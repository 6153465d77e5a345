//! The line of each act.
ghost use Rattle.std.specs.Prelude.{◌≡◌, ◌++◌, ◌∷◌, [], codes, OnOk, OnErr};
ghost use Rattle.std.specs.Fmt.{decimal};
ghost use Rattle.history_print.specs.Acts.{joined, spaced, node_word, act_words, act_line};

use crate::messages::put_message;
use crate::parts::{put_cause, put_flag, put_head, put_outcome};
use crate::words::{put_count, put_ident, put_key, put_node, put_tx, put_value};
use grid_model::{Act, Flag, Head, Message};
use score_base::{Cause, Ident, Key, Memory, NodeId, Outcome, TxId, Value, put_bytes};

#[tactic(auto, unfolding(crate::specs::Acts::act_words))]
fn put_began(out: &mut Vec<u8>, t: TxId, n: NodeId, sid0: Ident) -> Result<(), Memory>
    ensures { OnOk result (out.new.items ≡ out.old.items ++ joined (act_words (Act.Began t n sid0))) }
{
    put_bytes(out, b"began")?;
    put_tx(out, t)?;
    put_node(out, n)?;
    put_ident(out, sid0)
}

#[tactic(auto, unfolding(crate::specs::Acts::act_words))]
fn put_sent(
    out: &mut Vec<u8>,
    m: u32,
    from: NodeId,
    to: NodeId,
    message: &Message,
) -> Result<(), Memory>
    ensures { OnOk result (out.new.items ≡ out.old.items ++ joined (act_words (Act.Sent m from to message.now))) }
{
    put_bytes(out, b"sent")?;
    put_count(out, m as u64)?;
    put_node(out, from)?;
    put_node(out, to)?;
    put_message(out, message)
}

#[tactic(auto, unfolding(crate::specs::Acts::act_words))]
fn put_got(out: &mut Vec<u8>, m: u32) -> Result<(), Memory>
    ensures { OnOk result (out.new.items ≡ out.old.items ++ joined (act_words (Act.Got m))) }
{
    put_bytes(out, b"got")?;
    put_count(out, m as u64)
}

#[tactic(auto, unfolding(crate::specs::Acts::act_words))]
fn put_missed(out: &mut Vec<u8>, m: u32) -> Result<(), Memory>
    ensures { OnOk result (out.new.items ≡ out.old.items ++ joined (act_words (Act.Missed m))) }
{
    put_bytes(out, b"missed")?;
    put_count(out, m as u64)
}

#[tactic(auto, unfolding(crate::specs::Acts::act_words))]
fn put_dropped(out: &mut Vec<u8>, m: u32) -> Result<(), Memory>
    ensures { OnOk result (out.new.items ≡ out.old.items ++ joined (act_words (Act.Dropped m))) }
{
    put_bytes(out, b"dropped")?;
    put_count(out, m as u64)
}

#[tactic(auto, unfolding(crate::specs::Acts::act_words))]
fn put_void(out: &mut Vec<u8>, code: u8) -> Result<(), Memory>
    ensures { OnOk result (out.new.items ≡ out.old.items ++ joined (act_words (Act.Void code))) }
{
    put_bytes(out, b"void")?;
    put_count(out, code as u64)
}

#[tactic(auto, unfolding(crate::specs::Acts::act_words))]
fn put_armed(out: &mut Vec<u8>, n: NodeId, k: u64, how: u64) -> Result<(), Memory>
    ensures { OnOk result (out.new.items ≡ out.old.items ++ joined (act_words (Act.Armed n k how))) }
{
    put_bytes(out, b"armed")?;
    put_node(out, n)?;
    put_count(out, k)?;
    put_count(out, how)
}

#[tactic(auto, unfolding(crate::specs::Acts::act_words))]
fn put_raised(out: &mut Vec<u8>, n: NodeId, sid: Ident) -> Result<(), Memory>
    ensures { OnOk result (out.new.items ≡ out.old.items ++ joined (act_words (Act.Raised n sid))) }
{
    put_bytes(out, b"raised")?;
    put_node(out, n)?;
    put_ident(out, sid)
}

fn put_version(
    out: &mut Vec<u8>,
    key: &Key,
    sid: Ident,
    vn: Ident,
    value: Value,
) -> Result<(), Memory>
    ensures { OnOk result
        (out.new.items ≡ out.old.items ++ spaced (key.now ∷ decimal sid ∷ decimal vn ∷ decimal value ∷ [])) }
{
    put_key(out, key)?;
    put_ident(out, sid)?;
    put_ident(out, vn)?;
    put_value(out, value)
}

fn put_server(out: &mut Vec<u8>, n: NodeId, t: TxId, op: u8) -> Result<(), Memory>
    ensures { OnOk result
        (out.new.items ≡ out.old.items ++ joined (codes "served" ∷ node_word n ∷ decimal t ∷ decimal op ∷ [])) }
{
    put_bytes(out, b"served")?;
    put_node(out, n)?;
    put_tx(out, t)?;
    put_count(out, op as u64)
}

#[tactic(auto, unfolding(crate::specs::Acts::act_words))]
fn put_served(
    out: &mut Vec<u8>,
    n: NodeId,
    t: TxId,
    op: u8,
    key: &Key,
    sid: Ident,
    vn: Ident,
    value: Value,
) -> Result<(), Memory>
    ensures { OnOk result
        (out.new.items ≡ out.old.items ++ joined (act_words (Act.Served n t op key.now sid vn value))) }
{
    put_server(out, n, t, op)?;
    put_version(out, key, sid, vn, value)
}

#[tactic(auto, unfolding(crate::specs::Acts::act_words))]
fn put_held(out: &mut Vec<u8>, n: NodeId, t: TxId, op: u8, sid: Ident) -> Result<(), Memory>
    ensures { OnOk result (out.new.items ≡ out.old.items ++ joined (act_words (Act.Held n t op sid))) }
{
    put_bytes(out, b"held")?;
    put_node(out, n)?;
    put_tx(out, t)?;
    put_count(out, op as u64)?;
    put_ident(out, sid)
}

#[tactic(auto, unfolding(crate::specs::Acts::act_words))]
fn put_taken(out: &mut Vec<u8>, t: TxId, op: u8, sid: Ident, value: Value) -> Result<(), Memory>
    ensures { OnOk result (out.new.items ≡ out.old.items ++ joined (act_words (Act.Taken t op sid value))) }
{
    put_bytes(out, b"taken")?;
    put_tx(out, t)?;
    put_count(out, op as u64)?;
    put_ident(out, sid)?;
    put_value(out, value)
}

#[tactic(auto, unfolding(crate::specs::Acts::act_words))]
fn put_own(out: &mut Vec<u8>, t: TxId, op: u8, value: Value) -> Result<(), Memory>
    ensures { OnOk result (out.new.items ≡ out.old.items ++ joined (act_words (Act.Own t op value))) }
{
    put_bytes(out, b"own")?;
    put_tx(out, t)?;
    put_count(out, op as u64)?;
    put_value(out, value)
}

#[tactic(auto, unfolding(crate::specs::Acts::act_words))]
fn put_prepared(out: &mut Vec<u8>, n: NodeId, t: TxId, p: Ident) -> Result<(), Memory>
    ensures { OnOk result (out.new.items ≡ out.old.items ++ joined (act_words (Act.Prepared n t p))) }
{
    put_bytes(out, b"prepared")?;
    put_node(out, n)?;
    put_tx(out, t)?;
    put_ident(out, p)
}

#[tactic(auto, unfolding(crate::specs::Acts::act_words))]
fn put_refused(out: &mut Vec<u8>, n: NodeId, t: TxId, cause: &Cause) -> Result<(), Memory>
    ensures { OnOk result (out.new.items ≡ out.old.items ++ joined (act_words (Act.Refused n t cause.now))) }
{
    put_bytes(out, b"refused")?;
    put_node(out, n)?;
    put_tx(out, t)?;
    put_cause(out, cause)
}

#[tactic(auto, unfolding(crate::specs::Acts::act_words))]
fn put_ended(out: &mut Vec<u8>, n: NodeId, t: TxId, outcome: &Outcome) -> Result<(), Memory>
    ensures { OnOk result (out.new.items ≡ out.old.items ++ joined (act_words (Act.Ended n t outcome.now))) }
{
    put_bytes(out, b"ended")?;
    put_node(out, n)?;
    put_tx(out, t)?;
    put_outcome(out, outcome)
}

#[tactic(auto, unfolding(crate::specs::Acts::act_words))]
fn put_ceiling(out: &mut Vec<u8>, n: NodeId, c: Ident) -> Result<(), Memory>
    ensures { OnOk result (out.new.items ≡ out.old.items ++ joined (act_words (Act.Ceiling n c))) }
{
    put_bytes(out, b"ceiling")?;
    put_node(out, n)?;
    put_ident(out, c)
}

#[tactic(auto, unfolding(crate::specs::Acts::act_words))]
fn put_decided(out: &mut Vec<u8>, t: TxId, f: Ident) -> Result<(), Memory>
    ensures { OnOk result (out.new.items ≡ out.old.items ++ joined (act_words (Act.Decided t f))) }
{
    put_bytes(out, b"decided")?;
    put_tx(out, t)?;
    put_ident(out, f)
}

#[tactic(auto, unfolding(crate::specs::Acts::act_words))]
fn put_aborted(out: &mut Vec<u8>, t: TxId, n: NodeId, cause: &Cause) -> Result<(), Memory>
    ensures { OnOk result (out.new.items ≡ out.old.items ++ joined (act_words (Act.Aborted t n cause.now))) }
{
    put_bytes(out, b"aborted")?;
    put_tx(out, t)?;
    put_node(out, n)?;
    put_cause(out, cause)
}

#[tactic(auto, unfolding(crate::specs::Acts::act_words))]
fn put_finished(out: &mut Vec<u8>, t: TxId) -> Result<(), Memory>
    ensures { OnOk result (out.new.items ≡ out.old.items ++ joined (act_words (Act.Finished t))) }
{
    put_bytes(out, b"finished")?;
    put_tx(out, t)
}

#[tactic(auto, unfolding(crate::specs::Acts::act_words))]
fn put_closed(out: &mut Vec<u8>, t: TxId) -> Result<(), Memory>
    ensures { OnOk result (out.new.items ≡ out.old.items ++ joined (act_words (Act.Closed t))) }
{
    put_bytes(out, b"closed")?;
    put_tx(out, t)
}

#[tactic(auto, unfolding(crate::specs::Acts::act_words))]
fn put_compacted(out: &mut Vec<u8>, n: NodeId) -> Result<(), Memory>
    ensures { OnOk result (out.new.items ≡ out.old.items ++ joined (act_words (Act.Compacted n))) }
{
    put_bytes(out, b"compacted")?;
    put_node(out, n)
}

#[tactic(auto, unfolding(crate::specs::Acts::act_words))]
fn put_down(out: &mut Vec<u8>, n: NodeId, head: &Option<Head>) -> Result<(), Memory>
    ensures { OnOk result (out.new.items ≡ out.old.items ++ joined (act_words (Act.Down n head.now))) }
{
    put_bytes(out, b"down")?;
    put_node(out, n)?;
    put_head(out, head)
}

#[tactic(auto, unfolding(crate::specs::Acts::act_words))]
fn put_up(out: &mut Vec<u8>, n: NodeId, flag: Flag) -> Result<(), Memory>
    ensures { OnOk result (out.new.items ≡ out.old.items ++ joined (act_words (Act.Up n flag))) }
{
    put_bytes(out, b"up")?;
    put_node(out, n)?;
    put_flag(out, flag)
}

#[tactic(auto, unfolding(crate::specs::Acts::act_words))]
fn put_stilldown(out: &mut Vec<u8>, n: NodeId) -> Result<(), Memory>
    ensures { OnOk result (out.new.items ≡ out.old.items ++ joined (act_words (Act.StillDown n))) }
{
    put_bytes(out, b"stilldown")?;
    put_node(out, n)
}

#[tactic(auto, unfolding(crate::specs::Acts::act_words))]
fn put_lost(out: &mut Vec<u8>, t: TxId) -> Result<(), Memory>
    ensures { OnOk result (out.new.items ≡ out.old.items ++ joined (act_words (Act.Lost t))) }
{
    put_bytes(out, b"lost")?;
    put_tx(out, t)
}

fn put_act(out: &mut Vec<u8>, act: &Act) -> Result<(), Memory>
    ensures { OnOk result (out.new.items ≡ out.old.items ++ joined (act_words act.now)) }
{
    match act {
        Act::Began(t, n, sid0) => put_began(out, *t, *n, *sid0),
        Act::Sent(m, from, to, message) => put_sent(out, *m, *from, *to, message),
        Act::Got(m) => put_got(out, *m),
        Act::Missed(m) => put_missed(out, *m),
        Act::Dropped(m) => put_dropped(out, *m),
        Act::Void(code) => put_void(out, *code),
        Act::Armed(n, k, how) => put_armed(out, *n, *k, *how),
        Act::Raised(n, sid) => put_raised(out, *n, *sid),
        Act::Served(n, t, op, key, sid, vn, value) => put_served(
            out, *n, *t, *op, key, *sid, *vn, *value,
        ),
        Act::Held(n, t, op, sid) => put_held(out, *n, *t, *op, *sid),
        Act::Taken(t, op, sid, value) => put_taken(out, *t, *op, *sid, *value),
        Act::Own(t, op, value) => put_own(out, *t, *op, *value),
        Act::Prepared(n, t, p) => put_prepared(out, *n, *t, *p),
        Act::Refused(n, t, cause) => put_refused(out, *n, *t, cause),
        Act::Ended(n, t, outcome) => put_ended(out, *n, *t, outcome),
        Act::Ceiling(n, c) => put_ceiling(out, *n, *c),
        Act::Decided(t, f) => put_decided(out, *t, *f),
        Act::Aborted(t, n, cause) => put_aborted(out, *t, *n, cause),
        Act::Finished(t) => put_finished(out, *t),
        Act::Closed(t) => put_closed(out, *t),
        Act::Down(n, head) => put_down(out, *n, head),
        Act::Up(n, flag) => put_up(out, *n, *flag),
        Act::StillDown(n) => put_stilldown(out, *n),
        Act::Compacted(n) => put_compacted(out, *n),
        Act::Lost(t) => put_lost(out, *t),
    }
}

#[tactic(auto, unfolding(crate::specs::Acts::act_line))]
fn put_line(out: &mut Vec<u8>, act: &Act) -> Result<(), Memory>
    ensures { OnOk result (out.new.items ≡ out.old.items ++ act_line act.now) }
{
    put_act(out, act)?;
    put_bytes(out, b"\n")
}

/// Appends the line of an act, its line feed included. After [`Memory`] `out` is as before.
pub fn write_act(act: &Act, out: &mut Vec<u8>) -> Result<(), Memory>
    ensures ok { OnOk result (out.new.items ≡ out.old.items ++ act_line act.now) }
    ensures err { OnErr result (out.new.items ≡ out.old.items) }
{
    let mut line = Vec::new(*out.allocator());
    put_line(&mut line, act)?;
    put_bytes(out, line.as_slice())
}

> [What you will do]: Work out the number of lines in the entries above that hold the word "OnErr", giving the number without comment.

> [Response to the exercise]: 2